Task statement: Starting at the line below holding "refuse (uat &&" and stopping at the line holding "if base % 4", print every line exactly, both ends included, and leave the rest out.

Material supplied:

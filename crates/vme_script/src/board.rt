//! The boards of a configuration, and the rules for each of their values.
ghost use Rattle.std.specs.Prelude.{◌≡◌, ◌≤◌, ◌+◌, ◌-◌, ◌%◌, nat_lt, nat_le, not, ◌==◌, ◌&&◌, length, true, IfOk};
ghost use Rattle.std.specs.Option.{ok_or};
ghost use Rattle.vme_am.specs.Spaces.{addresses_of};
ghost use Rattle.vme_memory.specs.Boards.{is_board_size};
ghost use Rattle.vme_script.specs.declared.fault.ConfigFault.TheVariants.{BadSlot, BadLevel, BadWord, BadSize, Misaligned, OutsideSpace};
ghost use Rattle.vme_script.specs.Answers.{Gives, refuse};
ghost use Rattle.vme_script.specs.declared.cause.board.BoardCause.TheVariants.{LevelRange, NoSpace, NoWidth, UnalignedWidth, BaseNotAligned, OutsideSpace as PastSpace};
ghost use Rattle.vme_script.specs.Causes.{board_refusal, refused_as};
ghost use Rattle.vme_script.specs.CauseRules.{cause_if, slot_rule, size_rule};
ghost use Rattle.vme_script.specs.Boards.{space_named, width_of, entry_of, class_of, range_refused, entries_of, map_of, board_config, boards_after, have_ranges};

use crate::cause::BoardCause;
use crate::fault::ConfigFault;
use crate::limits::{LAST_LEVEL, LAST_SLOT};
use std::alloc::{AllocError, Global};
use vme_am::Space;
use vme_config_toml::{BoardTable, ClassTable, RangeTable};
use vme_decode::{AddressMap, Entry, MapFault};
use vme_memory::{ByteMemory, Class, Width8To32};

/// A board as a file configures it.
#[derive(Clone, Copy, Debug, PartialEq, Eq)]
pub struct BoardConfig {
    /// The slot of the board and of its processor, from 1 to 21.
    pub slot: u16,
    /// The level on which the board's processor requests the bus, from 0 to 3.
    pub level: u8,
    /// The addresses at which the board responds.
    pub entry: Entry,
    /// The kinds of transfers to which its slave responds.
    pub class: Class,
}

/// Checks a slot: it is from 1 to 21, and above `before`, the slot of the board with index `other`,
/// or 0 if there is none.
pub fn check_slot(before: u32, other: usize, slot: u32) -> Result<(), BoardCause>
    ensures refusal { refused_as board_refusal result ≡
        refuse (not (nat_lt before slot && nat_le slot 21)) BadSlot }
    ensures cause { result ≡ slot_rule before other slot }
{
    if slot < 1 || slot > LAST_SLOT {
        return Err(BoardCause::SlotRange { slot });
    }
    if slot == before {
        return Err(BoardCause::SlotTaken { slot, other });
    }
    if slot < before {
        return Err(BoardCause::SlotOrder {
            slot,
            before,
            other,
        });
    }
    Ok(())
}

/// Checks a request level: it is at most 3.
pub fn check_level(level: u32) -> Result<(), BoardCause>
    ensures refusal { refused_as board_refusal result ≡ refuse (nat_lt 3 level) BadLevel }
    ensures cause { result ≡ cause_if (nat_lt 3 level) (LevelRange level) }
{
    if level > LAST_LEVEL {
        return Err(BoardCause::LevelRange { level });
    }
    Ok(())
}

/// Returns the address space that `word` names.
#[tactic(auto, unfolding(crate::specs::Boards::space_named))]
pub fn space_named(word: &str) -> Result<Space, BoardCause>
    ensures refusal { refused_as board_refusal result ≡ ok_or (space_named word.now) BadWord }
    ensures cause { result ≡ ok_or (space_named word.now) NoSpace }
{
    match word {
        "a16" => Ok(Space::A16),
        "a24" => Ok(Space::A24),
        "a32" => Ok(Space::A32),
        _ => Err(BoardCause::NoSpace),
    }
}

/// Returns the width of a slave with this number of data lines.
#[tactic(auto, unfolding(crate::specs::Boards::width_of))]
pub fn width_of(lines: u32) -> Result<Width8To32, BoardCause>
    ensures refusal { refused_as board_refusal result ≡ ok_or (width_of lines) BadWord }
    ensures cause { result ≡ ok_or (width_of lines) (NoWidth lines) }
{
    match lines {
        8 => Ok(Width8To32::D08),
        16 => Ok(Width8To32::D16),
        32 => Ok(Width8To32::D32),
        _ => Err(BoardCause::NoWidth { width: lines }),
    }
}

/// Checks that only a slave of 32 data lines has unaligned transfers.
pub fn check_unaligned(uat: bool, width: u32) -> Result<(), BoardCause>
    ensures refusal { refused_as board_refusal result ≡ refuse (uat && not (width == 32)) BadWord }
    ensures cause { result ≡ cause_if (uat && not (width == 32)) (UnalignedWidth width) }
{
    if uat && width != 32 {
        return Err(BoardCause::UnalignedWidth { width });
    }
    Ok(())
}

/// Checks the number of bytes of a board: it is from 4 to 1,048,576, and a multiple of four.
pub fn check_size(size: u32) -> Result<(), BoardCause>
    ensures refusal { refused_as board_refusal result ≡ refuse (not (is_board_size size)) BadSize }
    ensures cause { result ≡ size_rule size }
{
    if ByteMemory::is_size(size) {
        return Ok(());
    }
    if size % 4 != 0 && ByteMemory::is_size((size - size % 4).saturating_add(4)) {
        return Err(BoardCause::SizeNotAligned { size });
    }
    Err(BoardCause::SizeRange { size })
}

/// Checks the first address of a board: it is a multiple of four.
pub fn check_base(base: u32) -> Result<(), BoardCause>
    ensures refusal { refused_as board_refusal result ≡ refuse (not (base % 4 == 0)) Misaligned }
    ensures cause { result ≡ cause_if (not (base % 4 == 0)) (BaseNotAligned base) }
{
    if base % 4 != 0 {
        return Err(BoardCause::BaseNotAligned { base });
    }
    Ok(())
}

/// Checks that `size` bytes from `base` on end within a space.
pub fn check_end(space: Space, base: u32, size: u32) -> Result<(), BoardCause>
    ensures refusal { refused_as board_refusal result ≡
        refuse (nat_lt (addresses_of space) (base + size)) OutsideSpace }
    ensures cause { result ≡
        cause_if (nat_lt (addresses_of space) (base + size)) (PastSpace space (base + size - 1)) }
{
    let end = u64::from(base) + u64::from(size);
    if end > space.addresses() {
        let last = end - 1;
        return Err(BoardCause::OutsideSpace { space, last });
    }
    Ok(())
}

/// The range of a board.
#[tactic(auto, unfolding(crate::specs::Boards::entry_of))]
fn entry_of(range: &RangeTable<'_>) -> Result<Entry, BoardCause>
    ensures { refused_as board_refusal result ≡ entry_of range.now }
{
    let space = space_named(range.space)?;
    Ok(Entry {
        space,
        base: range.base,
        size: range.size,
        supervisory: range.supervisory,
    })
}

/// The class of a board.
#[tactic(auto, unfolding(crate::specs::Boards::class_of))]
fn class_of(class: ClassTable) -> Result<Class, BoardCause>
    ensures { refused_as board_refusal result ≡ class_of class }
{
    let width = width_of(class.width)?;
    check_unaligned(class.uat, class.width)?;
    Ok(Class {
        width,
        uat: class.uat,
        blt: class.blt,
        rmw: class.rmw,
    })
}

/// Checks a board's range: its size, its base, and that it ends within its space.
#[tactic(auto, unfolding(crate::specs::Boards::range_refused))]
fn check_range(entry: Entry) -> Result<(), BoardCause>
    ensures { refused_as board_refusal result ≡ range_refused entry }
{
    check_size(entry.size)?;
    check_base(entry.base)?;
    check_end(entry.space, entry.base, entry.size)
}

/// The configuration of a board that follows the board in slot `before`, which has index `other`.
#[tactic(auto, unfolding(crate::specs::Boards::board_config))]
fn board_config(
    before: u32,
    other: usize,
    board: &BoardTable<'_>,
) -> Result<BoardConfig, BoardCause>
    ensures { refused_as board_refusal result ≡ board_config before board.now }
{
    check_slot(before, other, board.slot)?;
    check_level(board.level)?;
    let entry = entry_of(&board.range)?;
    let class = class_of(board.class)?;
    check_range(entry)?;
    Ok(BoardConfig {
        slot: board.slot as u16,
        level: board.level as u8,
        entry,
        class,
    })
}

/// The configurations of boards, in order of slots.
pub(crate) fn board_configs(
    alloc: Global,
    boards: &[BoardTable<'_>],
) -> Result<Vec<BoardConfig>, ConfigFault>
    ensures { Gives (λ configs. configs.items) result (boards_after 0 boards.now) }
{
    let mut configs = Vec::with_capacity(alloc, boards.len())?;
    let mut before = 0;
    for board in boards {
        let other = configs.len().saturating_sub(1);
        configs.push(board_config(before, other, board)?)?;
        before = board.slot;
    }
    Ok(configs)
}

/// The ranges of boards, in order of slots.
fn entries_of(alloc: Global, boards: &[BoardConfig]) -> Result<Vec<Entry>, AllocError>
    ensures { IfOk result (λ entries. entries.items ≡ entries_of boards.now) }
{
    boards.iter().map(|board| board.entry).collect(alloc)
}

/// The address map of boards each of whose ranges is lawful by itself.
#[tactic(auto, using(crate::proofs::Maps::refusal_of_lawful), unfolding(crate::specs::Boards::map_of))]
pub(crate) fn map_of(alloc: Global, boards: &[BoardConfig]) -> Result<AddressMap, ConfigFault>
    requires most { length boards.now ≤ 21 }
    requires ranges { have_ranges boards.now ≡ true }
    ensures map { Gives (λ map. map) result (map_of (entries_of boards.now)) }
    ensures same { IfOk result (λ map. map ≡ entries_of boards.now) }
{
    match AddressMap::new(alloc, &entries_of(alloc, boards)?) {
        Ok(map) => Ok(map),
        Err(MapFault::OutOfMemory) => Err(ConfigFault::OutOfMemory),
        Err(_) => Err(ConfigFault::Overlap),
    }
}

Task solution:
    ensures refusal { refused_as board_refusal result ≡ refuse (uat && not (width == 32)) BadWord }
    ensures cause { result ≡ cause_if (uat && not (width == 32)) (UnalignedWidth width) }
{
    if uat && width != 32 {
        return Err(BoardCause::UnalignedWidth { width });
    }
    Ok(())
}

/// Checks the number of bytes of a board: it is from 4 to 1,048,576, and a multiple of four.
pub fn check_size(size: u32) -> Result<(), BoardCause>
    ensures refusal { refused_as board_refusal result ≡ refuse (not (is_board_size size)) BadSize }
    ensures cause { result ≡ size_rule size }
{
    if ByteMemory::is_size(size) {
        return Ok(());
    }
    if size % 4 != 0 && ByteMemory::is_size((size - size % 4).saturating_add(4)) {
        return Err(BoardCause::SizeNotAligned { size });
    }
    Err(BoardCause::SizeRange { size })
}

/// Checks the first address of a board: it is a multiple of four.
pub fn check_base(base: u32) -> Result<(), BoardCause>
    ensures refusal { refused_as board_refusal result ≡ refuse (not (base % 4 == 0)) Misaligned }
    ensures cause { result ≡ cause_if (not (base % 4 == 0)) (BaseNotAligned base) }
{
    if base % 4 != 0 {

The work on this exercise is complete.